Чодоары стреляли сквозь пол. Три или четыре паликара упали, сраженные выстрелами снизу, и тела их были изрешечены пулями.
Мой отец зарычал, вцепился пальцами в пробоины от пуль и вырвал из пола целую доску.
Но тут из этого отверстия грянуло двадцать выстрелов, и огонь, вырываясь, словно из кратера вулкана, охватил обивку стен и пожрал ее.
Среди этого ужасающего шума, среди этих страшных криков два самых громких выстрела, два самых раздирающих крика заставили меня похолодеть от ужаса. Эти два выстрела смертельно ранили моего отца, и это он дважды закричал так страшно.

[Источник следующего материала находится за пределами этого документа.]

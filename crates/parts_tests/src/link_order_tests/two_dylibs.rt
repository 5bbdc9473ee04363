//! Lookups in two dylibs, one of which hides a name and has one that failed.

ghost use Rattle.std.specs.Prelude.{◌≡◌};
ghost use Rattle.link_order.specs.Shown.{shown};

use super::named;
use link_order::{MatchError, match_all, match_names};
use orc_ids::{DylibId, GenId, InstId, NameId, OrderItem, Scope, SymFlags, UnitId, Wanted};
use session_model::{InstRow, Matched, Phase, Row, RowSource};
use std::alloc::Global;
use std::marker::Model;
use std::process::Abort;

/// The rows of two dylibs, gone through from the first.
#[derive(Drop)]
struct Listed {
    rows: Vec<InstRow>,
}

impl Model for Listed {
    ghost use Rattle.std.specs.Prelude.{List, ◌<◌, ◌^◌, length};
    ghost use Rattle.session_model.specs.declared.rows.InstRow.{InstRow};

    ghost Value = { List InstRow };

    ghost view = { λ s. s.rows.items };

    ghost invariant = { λ s. length s.rows.items < 2 ^ 32 };
}

impl RowSource for Listed {
    ghost source = { λ s. shown s };

    fn known(&self, d: DylibId) -> bool {
        d.0 < 2
    }

    fn row(&self, d: DylibId, name: NameId) -> Option<Row> {
        for (k, row) in self.rows.iter().enumerate() {
            if named(row, d, name) {
                return Some(Row {
                    inst: InstId(k as u32),
                    flags: row.flags,
                });
            }
        }
        None
    }

    fn offered(&self, _d: DylibId, _name: NameId, _scope: Scope) -> Option<GenId> {
        None
    }

    fn failed(&self, i: InstId) -> bool {
        match self.rows.get(i.0 as usize) {
            Some(row) => matches!(row.phase, Phase::Failed),
            None => false,
        }
    }
}

const F: NameId = NameId(0);

const G: NameId = NameId(1);

const H: NameId = NameId(2);

const LOST: NameId = NameId(3);

fn flags(exported: bool) -> SymFlags {
    SymFlags {
        weak: false,
        common: false,
        exported,
        callable: true,
    }
}

fn a_row(d: u32, name: NameId, exported: bool, present: bool, phase: Phase) -> InstRow {
    InstRow {
        dylib: DylibId(d),
        name,
        flags: flags(exported),
        unit: UnitId(0),
        offer: 0,
        present,
        phase,
    }
}

/// Dylib 0 has a removed `F` (0), a hidden `F` (1) and `LOST` (4), which failed; dylib 1 an exported
/// `F` (2) and `G` (3).
fn two_dylibs(rt: &impl Abort, alloc: Global) -> Listed {
    let mut rows = Vec::new(alloc);
    rows.push(a_row(0, F, true, false, Phase::Claimed))
        .expect(rt, "memory");
    rows.push(a_row(0, F, false, true, Phase::Claimed))
        .expect(rt, "memory");
    rows.push(a_row(1, F, true, true, Phase::Unsearched))
        .expect(rt, "memory");
    rows.push(a_row(1, G, true, true, Phase::Resolved(64)))
        .expect(rt, "memory");
    rows.push(a_row(0, LOST, true, true, Phase::Failed))
        .expect(rt, "memory");
    Listed { rows }
}

fn of(dylib: u32, scope: Scope) -> OrderItem {
    OrderItem {
        dylib: DylibId(dylib),
        scope,
    }
}

fn wanted(name: NameId, weak: bool) -> Wanted {
    Wanted { name, weak }
}

/// The names have these matches.
fn are_found(found: &Result<Matched, MatchError>, expected: &[Option<InstId>]) -> bool {
    match found {
        Ok(found) => found.as_slice() == expected,
        Err(_) => false,
    }
}

#[test]
fn a_name_matches_in_the_first_dylib_that_shows_it(rt: HostRuntime) {
    let rows = two_dylibs(&rt, rt.alloc());
    let everything = [of(0, Scope::All), of(1, Scope::Exported)];
    let found = match_all(
        rt.alloc(),
        &rows,
        &everything,
        &[wanted(G, false), wanted(F, false)],
    );
    assert!(rt; are_found(&found, &[Some(InstId(3)), Some(InstId(1))]));
    let exported = [of(0, Scope::Exported), of(1, Scope::Exported)];
    let found = match_names(
        rt.alloc(),
        &rows,
        &exported,
        &[wanted(F, false), wanted(H, true)],
    );
    assert!(rt; are_found(&found, &[Some(InstId(2)), None]));
}

#[test]
fn the_first_reason_is_told(rt: HostRuntime) {
    let rows = two_dylibs(&rt, rt.alloc());
    let asked = [wanted(H, false), wanted(LOST, false)];
    let found = match_all(
        rt.alloc(),
        &rows,
        &[of(0, Scope::All), of(2, Scope::All)],
        &asked,
    );
    assert!(rt; matches!(found, Err(MatchError::NoDylib(DylibId(2)))));
    let found = match_all(rt.alloc(), &rows, &[of(0, Scope::All)], &asked);
    assert!(rt; matches!(found, Err(MatchError::InError(InstId(4)))));
    let found = match_names(rt.alloc(), &rows, &[of(1, Scope::All)], &asked);
    assert!(rt; matches!(found, Err(MatchError::Missing(H))));
}
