// What a program that replays a table counts.
#![tactic(auto)]

ghost use Rattle.std.specs.Prelude.{◌≡◌, Some};
ghost use Rattle.tally.specs.Tally.{counted, text_of};

use std::fmt;

/// How many rows of a table were checked, and how many of them differ.
#[derive(Clone, Copy, Debug, Default, PartialEq, Eq)]
pub struct Tally {
    pub checked: u32,
    pub mismatches: u32,
}

impl Tally {
    /// Counts a row. A count stays at the largest number.
    pub fn count(&mut self, is_right: bool)
        ensures { self.new ≡ counted is_right self.old }
    {
        self.checked = self.checked.saturating_add(1);
        if !is_right {
            self.mismatches = self.mismatches.saturating_add(1);
        }
    }
}

impl fmt::Display for Tally {
    ghost output = { λ tally. Some (text_of tally) };

    fn fmt<W: fmt::Write>(&self, f: &mut fmt::Formatter<W>) -> fmt::Result {
        let Tally {
            checked,
            mismatches,
        } = self;
        write!(f, "{checked} checked, {mismatches} mismatches")
    }
}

И все же он остался стоять, схватившись за окно. Моя мать изо всех сил дергала дверь, чтобы вбежать и умереть вместе с ним, но дверь была заперта изнутри.
Вокруг него корчились в предсмертных судорогах паликары; двое или трое из них, не раненые или раненные легко, выскочили в окна.

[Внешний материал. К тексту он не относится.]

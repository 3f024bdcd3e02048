// RITM's src/hypervisor.rs, its HVC and SMC calls: each is handed out to its recipient, whose reply the core then takes.

#![tactic(auto)]

ghost use Rattle.std.specs.Prelude.{◌≡◌, ◌≤◌};
ghost use Rattle.forwarded_call.specs.ForwardedCall.{is_fast_call, function_id_of, sve_hint_of, recipient_of, guest_call, registers_for, first_registers, with_wait, forward_call, may_reply, decide_reply, resumed_elr, resumed, reply_core};

use core_answers::{CoreError, CoreStep, FORWARDED_VALUES, TrapAnswer, TrapResult};
use exceptions::{Conduit, Core, Recipient, Wait};
use hvc_response::{HvcResult, REPLY_VALUES};

// What x0 says of a guest's call, by DEN0028 from version 1.3 on.
#[derive(Clone, Copy)]
pub struct GuestCall {
    // Document 02's function number.
    pub function_id: u64,
    // 1 where the caller says that it holds no live SVE state, else 0. (A number, as the word of the result that C reads.)
    pub sve_hint: u64,
    pub recipient: Recipient,
}

// A guest's call that is its recipient's to answer (document 01: a hand-out), and the core then.
#[derive(Clone, Copy)]
pub struct ForwardedCall {
    pub result: TrapResult,
    pub core: Core,
}

// The host's answer to a forwarded call: its kind, the values that the kind uses from the first on, and the error. (The kind is a number,
// since refusal 15 is promised of any.)
#[derive(Clone, Copy)]
pub struct HvcReply {
    pub kind: u64,
    pub values: [u64; REPLY_VALUES],
    pub error: i32,
}

// W0, the low 32 bits of x0, holds the function identifier. Its bit 31 is set in a fast call and clear in a yielding one; bit 16 of a fast call
// is the SVE hint.
const W0: u64 = 0xFFFF_FFFF;

const FAST_CALL: u64 = 1 << 31;

const SVE_HINT: u64 = 1 << 16;

impl GuestCall {
    // Every x0 is a call's.
    #[tactic(auto, unfolding(crate::specs::ForwardedCall::guest_call))]
    pub fn from_x0(x0: u64) -> Self
        ensures { result ≡ guest_call x0 }
    {
        let function_id = function_id(x0);
        GuestCall {
            function_id,
            sve_hint: sve_hint(x0),
            recipient: recipient_of(function_id),
        }
    }
}

fn is_fast_call(x0: u64) -> bool
    ensures { result ≡ is_fast_call x0 }
{
    x0 & FAST_CALL != 0
}

// The function identifier, without the hint of a fast call.
fn function_id(x0: u64) -> u64
    ensures { result ≡ function_id_of x0 }
{
    let w0 = x0 & W0;
    if !is_fast_call(x0) {
        return w0;
    }
    w0 & !SVE_HINT
}

// The hint of a fast call, and 0 in a yielding one.
fn sve_hint(x0: u64) -> u64
    ensures { result ≡ sve_hint_of x0 }
{
    if !is_fast_call(x0) {
        return 0;
    }
    (x0 >> 16) & 1
}

// Hands the call out: the core waits for its recipient's reply, and its own x0 is as it was.
#[tactic(auto, using(crate::proofs::Laws::registers_fit), unfolding(crate::specs::ForwardedCall::forward_call))]
pub fn forward_call(core: Core, conduit: Conduit) -> ForwardedCall
    ensures { result ≡ forward_call core conduit }
{
    let mut x = core.x;
    let call = GuestCall::from_x0(x[0]);
    let recipient = call.recipient;
    x[0] = call.function_id;
    let result = TrapResult {
        answer: Ok(TrapAnswer::Forwarded(recipient)),
        values: first_registers(x, registers_for(recipient)),
        sve_hint: call.sve_hint,
    };
    ForwardedCall {
        result,
        core: wait_for(core, Some((conduit, recipient))),
    }
}

// The firmware answers PSCI calls, of either register width, and the platform all others.
#[tactic(auto, unfolding(crate::specs::ForwardedCall::recipient_of))]
fn recipient_of(function_id: u64) -> Recipient
    ensures { result ≡ recipient_of function_id }
{
    match function_id {
        0x8400_0000..=0x8400_001F | 0xC400_0000..=0xC400_001F => Recipient::Firmware,
        _ => Recipient::Platform,
    }
}

// How many registers a call hands to its recipient.
pub fn registers_for(recipient: Recipient) -> usize
    ensures { result ≡ registers_for recipient }
{
    match recipient {
        Recipient::Firmware => 4,
        Recipient::Platform => 18,
    }
}

// The first registers, and zeros past them. (How many they are is the recipient's, not the array's.)
#[tactic(auto, unfolding(crate::specs::ForwardedCall::first_registers))]
fn first_registers(x: [u64; 31], count: usize) -> [u64; FORWARDED_VALUES]
    requires { count ≤ 18 }
    ensures { result ≡ first_registers x count }
{
    let mut values = [0u64; FORWARDED_VALUES];
    values[..count].copy_from_slice(&x[..count]);
    values
}

#[tactic(auto, unfolding(crate::specs::ForwardedCall::with_wait))]
fn wait_for(core: Core, wait: Wait) -> Core
    ensures { result ≡ with_wait core wait }
{
    Core { wait, ..core }
}

// The firmware answers with one value or an error, kinds 1 and 4.
#[tactic(auto, unfolding(crate::specs::ForwardedCall::may_reply))]
fn may_reply(recipient: Recipient, kind: u64) -> bool
    ensures { result ≡ may_reply recipient kind }
{
    match recipient {
        Recipient::Firmware => kind == 1 || kind == 4,
        Recipient::Platform => true,
    }
}

// What becomes of a reply to a core that waits for this, by its kind, its first value and its error: refusals 14 and 15.
#[tactic(auto, unfolding(crate::specs::ForwardedCall::decide_reply))]
pub fn decide_reply(
    wait: Wait,
    kind: u64,
    value: u64,
    error: i32,
) -> Result<(HvcResult, Conduit), CoreError>
    ensures { result ≡ decide_reply wait kind value error }
{
    let (conduit, recipient) = wait.ok_or(CoreError::NothingWaiting)?;
    if !may_reply(recipient, kind) {
        return Err(CoreError::UnknownReplyKind);
    }
    Ok((HvcResult::from_kind(kind, value, error)?, conduit))
}

// Where a core goes on: past an SMC, to which ELR still points, and from an HVC's ELR, which points past it.
pub fn resumed_elr(conduit: Conduit, elr: u64) -> u64
    ensures { result ≡ resumed_elr conduit elr }
{
    match conduit {
        Conduit::Hvc => elr,
        Conduit::Smc => exceptions::next_instruction(elr),
    }
}

#[tactic(auto, unfolding(crate::specs::ForwardedCall::resumed))]
fn resume(core: Core, conduit: Conduit) -> Core
    ensures { result ≡ resumed conduit core }
{
    Core {
        elr: resumed_elr(conduit, core.elr),
        wait: None,
        ..core
    }
}

// Gives one core the answer that it waits for.
#[tactic(auto, unfolding(crate::specs::ForwardedCall::reply_core))]
pub fn reply_core(core: Core, reply: HvcReply) -> CoreStep
    ensures { result ≡ reply_core core reply }
{
    match decide_reply(core.wait, reply.kind, reply.values[0], reply.error) {
        Ok((result, conduit)) => {
            let answered = result.modify_register_state(core, reply.values);
            CoreStep {
                answer: Ok(()),
                core: resume(answered, conduit),
            }
        }
        Err(error) => CoreStep::refused(error, core),
    }
}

И в это время треснул весь пол, разбиваемый ударами снизу. Мой отец упал на одно колено; в тот же миг протянулось двадцать рук, вооруженных саблями, пистолетами, кинжалами, двадцать ударов обрушились зараз на одного человека, и мой отец исчез в огненном вихре, зажженном этими рычащими дьяволами, словно ад разверзся у него под ногами.
Я почувствовала, что падаю на землю: моя мать потеряла сознание.
Гайде со стоном уронила руки на колонн и взглянула на графа, словно спрашивая, доволен ли он ее послушанием.
Граф встал, подошел к ней, взял ее за руку и сказал по-гречески:
— Отдохни, милая, и воспрянь духом. Помни, что есть бог, карающий предателей.
— Какая ужасная история, граф, — сказал Альбер, сильно напуганный бледностью Гайде, — я очень упрекаю себя за свое жестокое любопытство.
— Ничего, — ответил Монте-Кристо и, положив руку на опущенную голову девушки, добавил:
— У Гайде мужественное сердце, и, рассказывая о своих несчастьях, она иногда находила в этом облегчение.
— Это оттого, повелитель, что мои несчастья напоминают мне о твоих благодеяниях, — живо сказала Гайде.